Timber industry bleeding cash as shutdown bites

Tracey Ferrier |

About 40 truckloads of timber is at a log dump, but can’t be touched while harvesting is suspended.
About 40 truckloads of timber is at a log dump, but can’t be touched while harvesting is suspended.

The NSW timber industry says it’s haemorrhaging money with harvesting largely shut down amid a battle over endangered greater gliders.

Almost two weeks have passed since the government-owned Forestry Corporation suspended 15 harvesting operations in state forests.

The corporation says it had no choice after the Environment Protection Authority changed protections for glider habitat trees, leaving it with no time to conform.

The Australian Forest Contractors Association says the shutdown is the biggest the industry has experienced, outside emergencies like the Black Summer bushfires.

Industry players say the cost has already been enormous, with no end to the suspension in sight.

Anthony Dorney’s family business, in the Bulahdelah area, has taken a triple hit, with the shutdown affecting its saw mills, log hauling and harvesting operations.

He says 24 of his 120 workers are stood down, with losses topping $100,000 so far.

His truck fleet – kitted out for log hauling – is largely idle, with the costs associated with each vehicle about $15,000 a month.

The family’s business advisor Marius Heymann reckons it won’t be long before the mills run out of wood.

An estimated 40 or more truckloads of timber is sitting at a log dump, but the suspension means it can’t be touched.

It’s a terrible impasse, Mr Dorney says, and one he just wants resolved.

Greater Gliders
Timber harvesting in NSW state forests has been suspended over new rules to protect greater gliders. (HANDOUT/WWF AUSTRALIA)

Kirsty Parker is part of a family-run harvesting crew on the mid-north coast, and says her business has lost thousands.

“I know Forestry is working on getting this right and we fully appreciate that but we’re making no money and we’ve got families to feed,” she said.

At the heart of the issue is a new rule requiring the protection of any tree in which a glider is spotted, along with a 25-metre logging exclusion zone. The protection is temporary, lasting for the duration of a forestry operation.

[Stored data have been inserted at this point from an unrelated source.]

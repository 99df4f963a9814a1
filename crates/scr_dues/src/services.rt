//! The services of a world by number (OSGi Core 8, chapter 5, "Service Registry").
ghost use Rattle.component_state.specs.Rows.{rows_of};
ghost use Rattle.scr_world.specs.Worlds.{direct_services, is_registered, ranking_of, registered_services, revision_of, row_known, sorted};
ghost use Rattle.service_registry.specs.Registries.{row_of};
ghost use Rattle.service_registry.specs.Services.{ranking};
ghost use Rattle.service_registry.specs.declared.row.ServiceRow.{ServiceRow};
ghost use Rattle.std.specs.Option.{option_copied, option_map_or};
ghost use Rattle.std.specs.Prelude.{◌≡◌, ◌==◌, ◌&&◌, IfOk, find, map, not, pos};

use crate::own_rows::OwnRows;
use component_state::OpenPeriod;
use prop_map::OutOfMemory;
use scr_world::World;
use service_registry::{Ranked, ServiceRow, numbers_best_first, ranking};
use std::alloc::Global;

// The open period whose service has a number, if it is registered.
fn period_of(periods: &[OpenPeriod], service: u64) -> Option<&OpenPeriod>
    ensures { option_copied result ≡ find (λ (p : OpenPeriod). not (p.row.id == 0) && (p.row.id == service)) periods.now }
{
    periods
        .iter()
        .find(|period| period.row.id != 0 && period.row.id == service)
}

// The service of an open component configuration.
#[tactic(auto, using(crate::proofs::Rows::row_of_opened))]
fn opened_row(periods: &[OpenPeriod], service: u64) -> Option<&ServiceRow>
    ensures { option_copied result ≡ row_of (rows_of periods.now) service }
{
    match period_of(periods, service) {
        Some(period) => Some(&period.row),
        None => None,
    }
}

fn row_among(rows: &[ServiceRow], service: u64) -> Option<&ServiceRow>
    ensures { option_copied result ≡ row_of rows.now service }
{
    rows.iter().find(|row| row.id == service)
}

// The direct service of a number.
fn direct_row<'a>(own: &'a OwnRows, world: &'a World, service: u64) -> Option<&'a ServiceRow>
    ensures { option_copied result ≡ row_of (direct_services world.now) service }
{
    let condition = own.condition();
    if condition.id == service {
        Some(condition)
    } else {
        world.registry.row(service)
    }
}

// The registered service of a number.
fn registered_row<'a>(own: &'a OwnRows, world: &'a World, service: u64) -> Option<&'a ServiceRow>
    ensures { option_copied result ≡ row_of (registered_services world.now) service }
{
    match direct_row(own, world, service) {
        Some(row) => Some(row),
        None => opened_row(world.open_periods.as_slice(), service),
    }
}

/// The service of a number as it is, or as it left while an instance holds it.
pub fn row_known<'a>(own: &'a OwnRows, world: &'a World, service: u64) -> Option<&'a ServiceRow>
    ensures { option_copied result ≡ row_known world.now service }
{
    match registered_row(own, world, service) {
        Some(row) => Some(row),
        None => row_among(world.unregistered_held.as_slice(), service),
    }
}

/// Whether a service is registered.
pub fn is_registered(own: &OwnRows, world: &World, service: u64) -> bool
    ensures { result ≡ is_registered world.now service }
{
    registered_row(own, world, service).is_some()
}

fn revision_in(row: Option<&ServiceRow>) -> u64
    ensures { result ≡ option_map_or (λ (r : ServiceRow). r.revision) (option_copied row.entry) 0 }
{
    match row {
        Some(row) => row.revision,
        None => 0,
    }
}

/// How often the properties of a service were set since it was registered, 0 where it isn't known.
pub fn revision_of(own: &OwnRows, world: &World, service: u64) -> u64
    ensures { result ≡ revision_of world.now service }
{
    revision_in(row_known(own, world, service))
}

fn ranking_in(row: Option<&ServiceRow>) -> i64
    ensures { result ≡ option_map_or (λ (r : ServiceRow). ranking r.properties) (option_copied row.entry) (pos 0) }
{
    match row {
        Some(row) => ranking(&row.properties),
        None => 0,
    }
}

/// The ranking of a service by its present or last properties, 0 where it isn't known.
pub fn ranking_of(own: &OwnRows, world: &World, service: u64) -> i64
    ensures { result ≡ ranking_of world.now service }
{
    ranking_in(row_known(own, world, service))
}

fn ranked_of(own: &OwnRows, world: &World, service: u64) -> Ranked
    ensures { result ≡ record { ranking = ranking_of world.now service; id = service } }
{
    Ranked {
        ranking: ranking_of(own, world, service),
        id: service,
    }
}

fn ranked_ones(
    alloc: Global,
    own: &OwnRows,
    world: &World,
    services: &[u64],
) -> Result<Vec<Ranked>, OutOfMemory>
    ensures { IfOk result (λ v. v.items ≡ map (λ s. record { ranking = ranking_of world.now s; id = s }) services.now) }
{
    services
        .iter()
        .map(|service| ranked_of(own, world, *service))
        .collect(alloc)
}

/// Services best first, by their present or last properties.
///
/// # Errors
/// Only want of memory.
pub fn sorted(
    alloc: Global,
    own: &OwnRows,
    world: &World,
    services: &[u64],
) -> Result<Vec<u64>, OutOfMemory>
    ensures { IfOk result (λ v. v.items ≡ sorted world.now services.now) }
{
    // One alone is in order, whatever its ranking.
    if services.len() < 2 {
        return Vec::from_slice(alloc, services);
    }
    let ranked = ranked_ones(alloc, own, world, services)?;
    let numbers = numbers_best_first(alloc, ranked)?;
    Ok(numbers)
}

Tim Lester, from the Australian Forest Contractors Association, describes the change as “huge” and says mill closures and impacts on wood supply won’t be far off unless the situation is resolved quickly.

He says the industry has been hit with three sets of rule changes relating to gliders in recent months, and the constantly shifting sands are unworkable.

“What we need from the NSW govt … is really holistic and consistent approach that doesn’t end up with one agency essentially playing off another.”

Maree McCaskill from Timber NSW says the truckies and harvesters contracted by Forestry Corporation are paying the price for “a fight between two government departments”.

She estimates losses at $2000 to $4000 per day for each harvest crew and up to $20,000 a day for haulers with big fleets.

NSW Agriculture Minister Tara Moriarty says she’s deeply concerned about impacts on businesses and workers.

“I want agencies to work better together so we can minimise impacts of protocol changes on workers,” the minister said.

A spokesperson for the Minns government said it had promised an environmental watchdog “with teeth” and support for a sustainable timber industry.

The Forestry Corporation says it warned the EPA of stand downs unless it was given more time to implement the latest rule changes.

The authority says the corporation was afforded procedural fairness before the changes were announced.